▶ [TASK BRIEF]: Read the listing below and copy out each line where the word "ghost" occurs.

▶ [GIVEN ENTRIES]:
◇ ◇ ◇ ◇ ◇ ◇ ◇
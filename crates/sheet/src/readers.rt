// A reader of the sheet: bytes, words and values, each from where the one before it ended.
ghost use Rattle.std.specs.Prelude.{◌≡◌, ◌+◌, ◌*◌, ◌≤◌, ◌^◌, take, IfOk};
ghost use Rattle.sheet.specs.Readers.{byte, word, part, any, between};
ghost use Rattle.sheet.specs.Sections.{value};
ghost use Rattle.sheet.specs.Told.{Reads, ReadsAs, left};

use polyvalues::{in_range, of_bytes};

// The place of the first wrong byte.
#[derive(Clone, Copy, Debug, PartialEq, Eq)]
pub struct Wrong(pub usize);

// The sheet, and the place where the next reading begins. What reads by it is inlined, so that the place
// is kept at hand: an event takes half the time so.
#[derive(Drop)]
pub(crate) struct Reader<'a> {
    pub(crate) sheet: &'a [u8],
    pub(crate) at: usize,
}

impl Reader<'_> {
    // A byte.
    #[tactic(auto, using(crate::proofs::Reading::byte_past, crate::proofs::Reading::byte_there))]
    #[inline(always)]
    pub(crate) fn byte(&mut self) -> Result<u8, Wrong>
        ensures { Reads (byte any) self.old self.new result }
    {
        let &value = self.sheet.get(self.at).ok_or(Wrong(self.at))?;
        self.at += 1;
        Ok(value)
    }

    // A byte from the lowest to the highest.
    #[tactic(auto, using(crate::proofs::Reading::tested_byte))]
    #[inline(always)]
    pub(crate) fn byte_between(&mut self, low: usize, high: usize) -> Result<usize, Wrong>
        ensures reads { Reads (byte (between low high)) self.old self.new result }
        ensures value_le_high { IfOk result (λ n. n ≤ high) }
    {
        let at = self.at;
        let value = usize::from(self.byte()?);
        if !(low..=high).contains(&value) {
            return Err(Wrong(at));
        }
        Ok(value)
    }

    // Two bytes, high first.
    #[tactic(auto, using(crate::proofs::Reading::two_bytes))]
    #[inline(always)]
    fn two(&mut self) -> Result<(u8, u8), Wrong>
        ensures { ReadsAs (λ b. b.0 * 2 ^ 8 + b.1) (word any) self.old self.new result }
    {
        let high = self.byte()?;
        let low = self.byte()?;
        Ok((high, low))
    }

    // Two bytes that are a number.
    #[inline(always)]
    pub(crate) fn word(&mut self) -> Result<u16, Wrong>
        ensures { Reads (word any) self.old self.new result }
    {
        let (high, low) = self.two()?;
        Ok(u16::from_be_bytes([high, low]))
    }

    // Two bytes that are a value in two's complement.
    #[tactic(auto, using(crate::proofs::Reading::value_of), unfolding(polyvalues::specs::Values::of_bytes))]
    #[inline(always)]
    pub(crate) fn value(&mut self) -> Result<i16, Wrong>
        ensures { Reads value self.old self.new result }
    {
        let first = self.at;
        let (high, low) = self.two()?;
        let value = of_bytes(high, low);
        if !in_range(i32::from(value)) {
            return Err(Wrong(first));
        }
        Ok(value)
    }

    // So many bytes, whatever they are.
    #[tactic(auto, using(crate::proofs::Reading::part_good, crate::proofs::Reading::part_short))]
    #[inline(always)]
    pub(crate) fn part(&mut self, n: usize) -> Result<(), Wrong>
        ensures { ReadsAs (λ _. take n (left self.old)) (part n) self.old self.new result }
    {
        let left = self.sheet.len().saturating_sub(self.at);
        if left < n {
            return Err(Wrong(self.at + left));
        }
        self.at += n;
        Ok(())
    }
}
◇ ◇ ◇ ◇ ◇ ◇ ◇
▶ [RESPONSE]:
ghost use Rattle.std.specs.Prelude.{◌≡◌, ◌+◌, ◌*◌, ◌≤◌, ◌^◌, take, IfOk};
ghost use Rattle.sheet.specs.Readers.{byte, word, part, any, between};
ghost use Rattle.sheet.specs.Sections.{value};
ghost use Rattle.sheet.specs.Told.{Reads, ReadsAs, left};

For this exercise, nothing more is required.